**Task objective:**
Search the data for the word "have" and copy each line that has it.

=== Task input ===

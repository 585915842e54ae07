//! Comparisons of two lists of ranges, which do not allocate.
ghost use Rattle.std.specs.Prelude.{◌≡◌, ◌-◌, ◌<◌, ◌↔◌, IsTrue, nat_lt, min, max};
ghost use Rattle.moc_blocks.specs.RangeList.{IsNormal};
ghost use Rattle.moc_operations.specs.Private.Walks.{common_of, contains_all};

use crate::lookahead::NEAR;
use moc_lists::Ranges;

/// Returns the number of pixels that two ranges have in common.
#[inline]
fn overlap(x: (u64, u64), y: (u64, u64)) -> u64
    ensures { result ≡ min x.1 y.1 - max x.0 y.0 }
{
    x.1.min(y.1).saturating_sub(x.0.max(y.0))
}

/// Returns the number of pixels that two lists have in common.
pub fn count_common(mut xs: Ranges<'_>, mut ys: Ranges<'_>) -> u64
    requires xs { IsNormal xs }
    requires ys { IsNormal ys }
    ensures { result ≡ common_of xs.entry ys.entry }
{
    let mut total = 0;
    let mut first = xs.next();
    let mut second = ys.next();
    while let Some(x) = first {
        let Some(y) = second else {
            return total;
        };
        total += overlap(x, y);
        if x.1 <= y.1 {
            let ahead = xs.advance(y, NEAR);
            total += ahead.common;
            first = ahead.next;
        } else {
            let ahead = ys.advance(x, NEAR);
            total += ahead.common;
            second = ahead.next;
        }
    }
    total
}

/// Returns whether two lists have a pixel in common.
pub fn meets(mut xs: Ranges<'_>, mut ys: Ranges<'_>) -> bool
    requires xs { IsNormal xs }
    requires ys { IsNormal ys }
    ensures { result ≡ nat_lt 0 (common_of xs.entry ys.entry) }
{
    let mut first = xs.next();
    let mut second = ys.next();
    while let Some(x) = first {
        let Some(y) = second else {
            return false;
        };
        if x.1 <= y.0 {
            first = xs.next_ending_after(y.0, NEAR);
        } else if y.1 <= x.0 {
            second = ys.next_ending_after(x.0, NEAR);
        } else {
            return true;
        }
    }
    false
}

/// Returns whether the first list contains every pixel of the second.
pub fn covers(mut xs: Ranges<'_>, mut ys: Ranges<'_>) -> bool
    requires xs { IsNormal xs }
    requires ys { IsNormal ys }
    ensures { result ≡ contains_all xs.entry ys.entry }
{
    let mut first = xs.next();
    let mut second = ys.next();
    while let Some(y) = second {
        let Some(x) = first else {
            return false;
        };
        if y.0 < x.0 {
            return false;
        }
        if x.1 < y.1 {
            first = xs.next_ending_after(y.0, NEAR);
        } else {
            second = ys.next_ending_after(x.1, NEAR);
        }
    }
    true
}

/// Returns whether two lists have the same ranges.
pub fn are_same(mut xs: Ranges<'_>, mut ys: Ranges<'_>) -> bool
    ensures { IsTrue result ↔ (xs.entry ≡ ys.entry) }
{
    while let Some(x) = xs.next() {
        let Some(y) = ys.next() else {
            return false;
        };
        if x.0 != y.0 || x.1 != y.1 {
            return false;
        }
    }
    ys.next().is_none()
}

===

**Output:**
/// Returns the number of pixels that two ranges have in common.
/// Returns the number of pixels that two lists have in common.
/// Returns whether two lists have a pixel in common.
/// Returns whether two lists have the same ranges.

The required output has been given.